话说羊紫辰羊统领本是别省的一位实缺镇台,只因他本缺非凡穷苦,便走了路子,由两江总督出奏,奏留他在伯明翰统带防营。那便是下边有心调剂他。自从接事之后,因见地点安静,所有的老将大半是吃粮不治理。他的前人已经有两成缺额,到他继任便借裁汰老弱为名,又一去去了两三成。却是旧的虽去,新的却尚无补进一个。歇上三年,制台阅操两次,有的是临时招人,有的如故前后接应。怎么称呼“前后接应”呢?臂如一营之中本是五百个人,他倒吃了三百名的额子,实实在在唯有二百个人。等到制台阅操的时候,前头一排点过名,赶紧退了下来。改换衣裳军械,跟着后头的人再上去应名。如此一排排的上来下去,轮流倒换,不要说是一营五百人她吃三百个,就是再吃多些,有此妙法,也易于弥补。况且制台年纪大了,又要修道养心,大半是派营务处上的道台替她校阅。那般营务处上的人,那么些不是羊统领的爱侣,天天吃花酒,嫖婊子,同在一处玩惯了的?等到派了那些差使下来,并不要羊统领前去嘱托,他们早已相互心照,马马糊糊,把制台敷衍过去尽管谢世。统领如此,营官自然亦是如此。沟通营官更是统领一件生财之道,倘然出了一个缺,一定预先就有人钻门路,送银子。不是走姨太太的路径,就是走随时同统领在一块儿玩的人的门径,甚至于指引的修好,甚么私门子,钓鱼巷的娼妇,那种路径亦都有人走。统领是非钱不行,替她经手过付的人所赚的钱亦都不在少处。
  闲话休题。且说归羊统领管辖的怎么着护军正营、护军副营、新兵营、常备军、续备军,一共有好多少个名堂。每一营之中,有营官,有哨官。营官都是记名提、镇;哨官则自副、参、游以下以至千、把、外委都有在内。
  其时有一个在江阴带炮划子的哨官,据她协调就是一个副将衔的游击,就是住家谈起来,说他的官亦并不是假的。他在江阴炮船上当了两年零4个月的差遣,因为克扣兵饷,被上头查了出来,拿她的差使撤去,他就跑到维尔纽斯来另觅生路。

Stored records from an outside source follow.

//! Messages joined from their datagrams.
use mdcc_frag::{DropCause, FragHead, Joined, Joiner, MESSAGE_LIMIT, count, split};
use std::alloc::Global;
use std::test::Fail;

// What a joiner answered: the whole message, or something other than was expected.
#[derive(Clone, Copy, Debug, PartialEq, Eq)]
enum Answer {
    Whole,
    Kept,
    Repeated,
    Dropped(DropCause),
    Other,
}

// Serials and pieces behind piece 0 of the serials 1 to 65, which dropped serial 1. Its other piece begins it anew and drops serial
// 2.
const BEHIND_65: [(u32, u16, Answer); 3] = [
    (1, 1, Answer::Kept),
    (3, 1, Answer::Whole),
    (4, 0, Answer::Repeated),
];

// Pieces of a message of three that come again.
const AGAIN: [(u32, u16, Answer); 6] = [
    (1, 2, Answer::Kept),
    (1, 2, Answer::Repeated),
    (1, 0, Answer::Kept),
    (1, 2, Answer::Repeated),
    (1, 1, Answer::Whole),
    (1, 1, Answer::Kept),
];

const LONGER: [(u32, u16, Answer); 2] = [
    (1, 1, Answer::Dropped(DropCause::Disagrees)),
    (1, 0, Answer::Dropped(DropCause::Disagrees)),
];

fn answer_of(joined: &Joined, message: &[u8]) -> Answer {
    match joined {
        Joined::Whole(bytes) => {
            if bytes.as_slice() == message {
                Answer::Whole
            } else {
                Answer::Other
            }
        }
        Joined::Kept => Answer::Kept,
        Joined::Repeated => Answer::Repeated,
        Joined::Dropped(cause) => Answer::Dropped(*cause),
    }
}

// So many bytes, no two pieces of which are equal.
fn message(alloc: Global, length: usize) -> Result<Vec<u8>, Fail> {
    let mut bytes = Vec::new(alloc);
    for k in 0..length {
        bytes.push((k % 251) as u8)?;
    }
    Ok(bytes)
}

// The answer to a datagram.
fn offer(
    alloc: Global,
    joiner: &mut Joiner,
    datagram: &[u8],
    message: &[u8],
) -> Result<Answer, Fail> {
    let joined = joiner.join(alloc, datagram)?;
    Ok(answer_of(&joined, message))
}

// The answer to one piece of a message.
fn take(
    alloc: Global,
    joiner: &mut Joiner,
    message: &[u8],
    serial: u32,
    index: u16,
) -> Result<Answer, Fail> {
    if message.len() > MESSAGE_LIMIT || index >= count(message.len()) {
        return Ok(Answer::Other);
    }
    let head = FragHead {
        sender: 2,
        epoch: 1,
        serial,
    };
    let mut datagram = [0u8; 1400];
    let size = split(message, head, index, &mut datagram);
    offer(alloc, joiner, &datagram[..size], message)
}

// Whether these pieces get these answers.
fn gives(
    alloc: Global,
    joiner: &mut Joiner,
    message: &[u8],
    pieces: &[(u32, u16, Answer)],
) -> Result<bool, Fail> {
    for (serial, index, expected) in pieces {
        if take(alloc, joiner, message, *serial, *index)? != *expected {
            return Ok(false);
        }
    }
    Ok(true)
}

// Whether all pieces but the last are kept and the last gives the message, in order or backwards.
fn comes_back(alloc: Global, length: usize, backwards: bool) -> Result<bool, Fail> {
    if length > MESSAGE_LIMIT {
        return Ok(false);
    }
    let message = message(alloc, length)?;
    let mut joiner = Joiner::new(alloc)?;
    let last = count(length);
    for k in 0..last {
        let index = if backwards { last - 1 - k } else { k };
        let answer = take(alloc, &mut joiner, &message, 1, index)?;
        let expected = if k + 1 == last {
            Answer::Whole
        } else {
            Answer::Kept
        };
        if answer != expected {
            return Ok(false);
        }
    }
    Ok(last > 0)
}

#[test]
fn messages_come_back_whole(rt: HostRuntime) -> Result<(), Fail> {
    for (length, backwards) in [
        (1, false),
        (1383, false),
        (1384, false),
        (1384, true),
        (2_097_152, false),
        (2_097_152, true),
    ] {
        let whole = comes_back(rt.alloc(), length, backwards)?;
        assert!(rt; whole);
    }
    Ok(())
}

// Whether piece 0 of these serials is kept each time.
fn are_begun(alloc: Global, joiner: &mut Joiner, message: &[u8]) -> Result<bool, Fail> {
    for serial in 1..66 {
        if take(alloc, joiner, message, serial, 0)? != Answer::Kept {
            return Ok(false);
        }
    }
    Ok(true)
}

#[test]
fn the_65th_message_drops_the_least_recently_used(rt: HostRuntime) -> Result<(), Fail> {
    let alloc = rt.alloc();
    let message = message(alloc, 1384)?;
    let mut joiner = Joiner::new(alloc)?;
    let begun = are_begun(alloc, &mut joiner, &message)?;
    assert!(rt; begun);
    let given = gives(alloc, &mut joiner, &message, &BEHIND_65)?;
    assert!(rt; given);
    Ok(())
}

#[test]
fn a_piece_that_came_is_repeated(rt: HostRuntime) -> Result<(), Fail> {
    let alloc = rt.alloc();
    let message = message(alloc, 2767)?;
    let mut joiner = Joiner::new(alloc)?;
    let given = gives(alloc, &mut joiner, &message, &AGAIN)?;
    assert!(rt; given);
    Ok(())
}

#[test]
fn another_total_changes_nothing(rt: HostRuntime) -> Result<(), Fail> {
    let alloc = rt.alloc();
    let first = message(alloc, 1384)?;
    let longer = message(alloc, 1385)?;
    let mut joiner = Joiner::new(alloc)?;
    let begun = gives(alloc, &mut joiner, &first, &[(1, 0, Answer::Kept)])?;
    assert!(rt; begun);
    let dropped = gives(alloc, &mut joiner, &longer, &LONGER)?;
    assert!(rt; dropped);
    let whole = gives(alloc, &mut joiner, &first, &[(1, 1, Answer::Whole)])?;
    assert!(rt; whole);
    Ok(())
}

#[test]
fn what_is_no_datagram_is_dropped(rt: HostRuntime) -> Result<(), Fail> {
    let alloc = rt.alloc();
    let mut joiner = Joiner::new(alloc)?;
    let zeros = offer(alloc, &mut joiner, &[0; 16], &[])?;
    assert_eq!(rt; zeros, Answer::Dropped(DropCause::Header));
    let empty = [1, 0, 0, 0, 0, 0, 0, 0, 0, 0, 0, 0, 0, 0, 0, 1, 0];
    let none = offer(alloc, &mut joiner, &empty, &[])?;
    assert_eq!(rt; none, Answer::Dropped(DropCause::Count));
    Ok(())
}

  却说那人姓冒,名字叫得官,本来是在江北恒山阴县跟官当长随的。后来攒聚了几十吊钱。有天为着做错了一件事,被主人将她骂了一顿,正在闷极无聊的时候,便到烟馆里吃烟。合该他官星揭示。其时正值江南收回营头,所有前头打“长毛”得过保举的人联手歇了下去,谋生无路。很有些提、镇、副、参,个个弄到穷极不堪,便拿了饬知、奖札沿门兜卖。那时候只要有人出过多十吊钱,便可得个一二品的功名,亦要算得不值钱了。那日冒得官走到烟馆里面,值堂的是认识她的,飞快让出一张烟铺,请冒小叔那边来坐。冒得官有事在心,闷闷不乐,便没精打彩的躺了下来。值堂的又赶过来替她烧烟。抽不上三四口,忽然烟榻前来了一个彪形大汉,即使是精神黧黑,形容枯槁,却露出一副雄赳赳、气昂昂的神色。冒得官亦不理他。值堂的见了,倒摆出人脸的悻悻之色,朝她哼儿哈儿的赶他走开。只听得那人叹一口气道:“你不要朝着自己这些样儿!我也不是如何好欺负的!你认得自身是什么人?你们江南假设没有我们,你们那里来的这种好日子过呢!不过是自我运气不好,以至落拓到那步田地。要是要讲起身分来,不要说是您一个做跑堂的算得什么,就是安阳泽县县大老爷,比比顶子,要比我差着好几级呢!”值堂的见他说道无将,便把眉毛一竖,眼皮一掀,一骨碌爬起,想要入手赶他走开。什么人知那么些大汉哈哈大笑。值堂的不只推她不动,反被高个儿摔了一个筋斗。值堂的气的了不足,愤愤的要出来叫地保。大汉冷笑道:“我正苦没有饭吃,这些样儿又见不得官。你今送自己前去,好好好,我就跟了您去。见了你们大老爷,只要她肯把自身收留下来,等自身吃二日饱饭,省得在外边捱饿,我就谢天谢地了!”值堂的见她这么,更是火上添油。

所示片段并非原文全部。